Description of the task → For every entry below, retype it exactly as it reads.

Provided data →
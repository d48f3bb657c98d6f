//! The groups that are exclusive in one domain, and how long they stay so, from the last change back.
ghost use Rattle.std.specs.Prelude.{◌≡◌, ◌<◌, IfOk, OnOk, find, map};
ghost use Rattle.std.specs.Option.{option_copied};
ghost use Rattle.run_windows.specs.Stays.{is_same, last_of, mask_of, stay_of};
ghost use Rattle.run_windows.specs.Sweeps.{IsSwept, Swept, restored, swept_over};

use crate::changes::Past;
use crate::edit::Edit;
use crate::exclusive_group::ExclusiveGroup;
use crate::places::{copied, insert, put, remove};
use private_lru::ExclusiveSpan;
use rc_base::NoMemory;
use std::alloc::Global;

/// The groups that are exclusive from a change on.
#[derive(Drop)]
pub(crate) struct Sweep {
    /// The groups, each with the last epoch at which it is still exclusive on its mask.
    pub stays: Vec<ExclusiveSpan>,
    /// The last epoch before the change.
    pub last: u64,
}

// The mask of a group in a domain.
fn mask_of(group: &ExclusiveGroup, domain: u8) -> u32
    requires { domain < 8 }
    ensures { result ≡ mask_of domain group.now }
{
    group.masks[domain as usize]
}

// Whether it is the same group with the same mask.
fn is_same(group: &ExclusiveGroup, domain: u8, later: &ExclusiveSpan) -> bool
    requires { domain < 8 }
    ensures { result ≡ is_same domain group.now later.now }
{
    later.gid.0 == group.gid.0 && later.mask == mask_of(group, domain)
}

// The same group with the same mask from a later epoch on.
fn find_same<'a>(
    next: &'a [ExclusiveSpan],
    group: &ExclusiveGroup,
    domain: u8,
) -> Option<&'a ExclusiveSpan>
    requires { domain < 8 }
    ensures { option_copied result ≡ find (is_same domain group.now) next.now }
{
    next.iter().find(|later| is_same(group, domain, later))
}

// A group that is exclusive on the same mask from the next change on stays so as long as it does from there.
fn last_of(group: &ExclusiveGroup, domain: u8, next: &[ExclusiveSpan], last: u64) -> u64
    requires { domain < 8 }
    ensures { result ≡ last_of domain last next.now group.now }
{
    match find_same(next, group, domain) {
        Some(later) => later.last,
        None => last,
    }
}

// How long this group stays exclusive.
fn stay_of(group: &ExclusiveGroup, domain: u8, next: &[ExclusiveSpan], last: u64) -> ExclusiveSpan
    requires { domain < 8 }
    ensures { result ≡ stay_of domain last next.now group.now }
{
    ExclusiveSpan {
        last: last_of(group, domain, next, last),
        gid: group.gid,
        mask: mask_of(group, domain),
    }
}

// How long each of these groups stays exclusive.
fn stays_of(
    alloc: Global,
    groups: &[ExclusiveGroup],
    domain: u8,
    next: &[ExclusiveSpan],
    last: u64,
) -> Result<Vec<ExclusiveSpan>, NoMemory>
    requires { domain < 8 }
    ensures { IfOk result (λ stays. stays.items ≡ map (stay_of domain last next.now) groups.now) }
{
    let mut stays: Vec<ExclusiveSpan> = Vec::new(alloc);
    for group in groups {
        stays.push(stay_of(group, domain, next, last))?;
    }
    Ok(stays)
}

// Makes the stays before a change of those after it.
fn restore(
    alloc: Global,
    stays: &mut Vec<ExclusiveSpan>,
    edit: &Edit,
    domain: u8,
    last: u64,
) -> Result<(), NoMemory>
    requires { domain < 8 }
    ensures { OnOk result (stays.new.items ≡ restored domain last edit.now stays.old.items) }
{
    match edit {
        Edit::Whole(all) => {
            *stays = stays_of(alloc, all, domain, stays, last)?;
            Ok(())
        }
        Edit::Put(at, group) => {
            let stay = stay_of(group, domain, stays, last);
            put(stays, *at, stay);
            Ok(())
        }
        Edit::Insert(at, group) => {
            let stay = stay_of(group, domain, stays, last);
            insert(stays, *at, stay)
        }
        Edit::Remove(at) => {
            remove(stays, *at);
            Ok(())
        }
    }
}

/// Goes over one change back.
pub(crate) fn sweep_over(
    alloc: Global,
    sweep: &mut Sweep,
    past: &Past,
    domain: u8,
) -> Result<(), NoMemory>
    requires { domain < 8 }
    ensures { OnOk result (IsSwept (swept_over domain (record { stays = sweep.old.stays.items; last = sweep.old.last }) past.now) sweep.new) }
{
    restore(alloc, &mut sweep.stays, &past.edit, domain, sweep.last)?;
    sweep.last = past.from.saturating_sub(1);
    Ok(())
}

/// Another one at the same change.
pub(crate) fn same_sweep(alloc: Global, sweep: &Sweep) -> Result<Sweep, NoMemory>
    ensures { IfOk result (λ same. IsSwept (record { stays = sweep.now.stays.items; last = sweep.now.last }) same) }
{
    Ok(Sweep {
        stays: copied(alloc, &sweep.stays)?,
        last: sweep.last,
    })
}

Task output →
repository d48f3bb657c98d6f
//! The groups that are exclusive in one domain, and how long they stay so, from the last change back.
ghost use Rattle.std.specs.Prelude.{◌≡◌, ◌<◌, IfOk, OnOk, find, map};
ghost use Rattle.std.specs.Option.{option_copied};
ghost use Rattle.run_windows.specs.Stays.{is_same, last_of, mask_of, stay_of};
ghost use Rattle.run_windows.specs.Sweeps.{IsSwept, Swept, restored, swept_over};

use crate::changes::Past;
use crate::edit::Edit;
use crate::exclusive_group::ExclusiveGroup;
use crate::places::{copied, insert, put, remove};
use private_lru::ExclusiveSpan;
use rc_base::NoMemory;
use std::alloc::Global;

/// The groups that are exclusive from a change on.
#[derive(Drop)]
pub(crate) struct Sweep {
    /// The groups, each with the last epoch at which it is still exclusive on its mask.
    pub stays: Vec<ExclusiveSpan>,
    /// The last epoch before the change.
    pub last: u64,
}

// The mask of a group in a domain.
fn mask_of(group: &ExclusiveGroup, domain: u8) -> u32
    requires { domain < 8 }
    ensures { result ≡ mask_of domain group.now }
{
    group.masks[domain as usize]
}

// Whether it is the same group with the same mask.
fn is_same(group: &ExclusiveGroup, domain: u8, later: &ExclusiveSpan) -> bool
    requires { domain < 8 }
    ensures { result ≡ is_same domain group.now later.now }
{
    later.gid.0 == group.gid.0 && later.mask == mask_of(group, domain)
}

// The same group with the same mask from a later epoch on.
fn find_same<'a>(
    next: &'a [ExclusiveSpan],
    group: &ExclusiveGroup,
    domain: u8,
) -> Option<&'a ExclusiveSpan>
    requires { domain < 8 }
    ensures { option_copied result ≡ find (is_same domain group.now) next.now }
{
    next.iter().find(|later| is_same(group, domain, later))
}

// A group that is exclusive on the same mask from the next change on stays so as long as it does from there.
fn last_of(group: &ExclusiveGroup, domain: u8, next: &[ExclusiveSpan], last: u64) -> u64
    requires { domain < 8 }
    ensures { result ≡ last_of domain last next.now group.now }
{
    match find_same(next, group, domain) {
        Some(later) => later.last,
        None => last,
    }
}

// How long this group stays exclusive.
fn stay_of(group: &ExclusiveGroup, domain: u8, next: &[ExclusiveSpan], last: u64) -> ExclusiveSpan
    requires { domain < 8 }
    ensures { result ≡ stay_of domain last next.now group.now }
{
    ExclusiveSpan {
        last: last_of(group, domain, next, last),
        gid: group.gid,
        mask: mask_of(group, domain),
    }
}

// How long each of these groups stays exclusive.
fn stays_of(
    alloc: Global,
    groups: &[ExclusiveGroup],
    domain: u8,
    next: &[ExclusiveSpan],
    last: u64,
) -> Result<Vec<ExclusiveSpan>, NoMemory>
    requires { domain < 8 }
    ensures { IfOk result (λ stays. stays.items ≡ map (stay_of domain last next.now) groups.now) }
{
    let mut stays: Vec<ExclusiveSpan> = Vec::new(alloc);
    for group in groups {
        stays.push(stay_of(group, domain, next, last))?;
    }
    Ok(stays)
}

// Makes the stays before a change of those after it.
fn restore(
    alloc: Global,
    stays: &mut Vec<ExclusiveSpan>,
    edit: &Edit,
    domain: u8,
    last: u64,
) -> Result<(), NoMemory>
    requires { domain < 8 }
    ensures { OnOk result (stays.new.items ≡ restored domain last edit.now stays.old.items) }
{
    match edit {
        Edit::Whole(all) => {
            *stays = stays_of(alloc, all, domain, stays, last)?;
            Ok(())
        }
        Edit::Put(at, group) => {
            let stay = stay_of(group, domain, stays, last);
            put(stays, *at, stay);
            Ok(())
        }
        Edit::Insert(at, group) => {
            let stay = stay_of(group, domain, stays, last);
            insert(stays, *at, stay)
        }
        Edit::Remove(at) => {
            remove(stays, *at);
            Ok(())
        }
    }
}

/// Goes over one change back.
pub(crate) fn sweep_over(
    alloc: Global,
    sweep: &mut Sweep,
    past: &Past,
    domain: u8,
) -> Result<(), NoMemory>
    requires { domain < 8 }
    ensures { OnOk result (IsSwept (swept_over domain (record { stays = sweep.old.stays.items; last = sweep.old.last }) past.now) sweep.new) }
{
    restore(alloc, &mut sweep.stays, &past.edit, domain, sweep.last)?;
    sweep.last = past.from.saturating_sub(1);
    Ok(())
}

/// Another one at the same change.
pub(crate) fn same_sweep(alloc: Global, sweep: &Sweep) -> Result<Sweep, NoMemory>
    ensures { IfOk result (λ same. IsSwept (record { stays = sweep.now.stays.items; last = sweep.now.last }) same) }
{
    Ok(Sweep {
        stays: copied(alloc, &sweep.stays)?,
        last: sweep.last,
    })
}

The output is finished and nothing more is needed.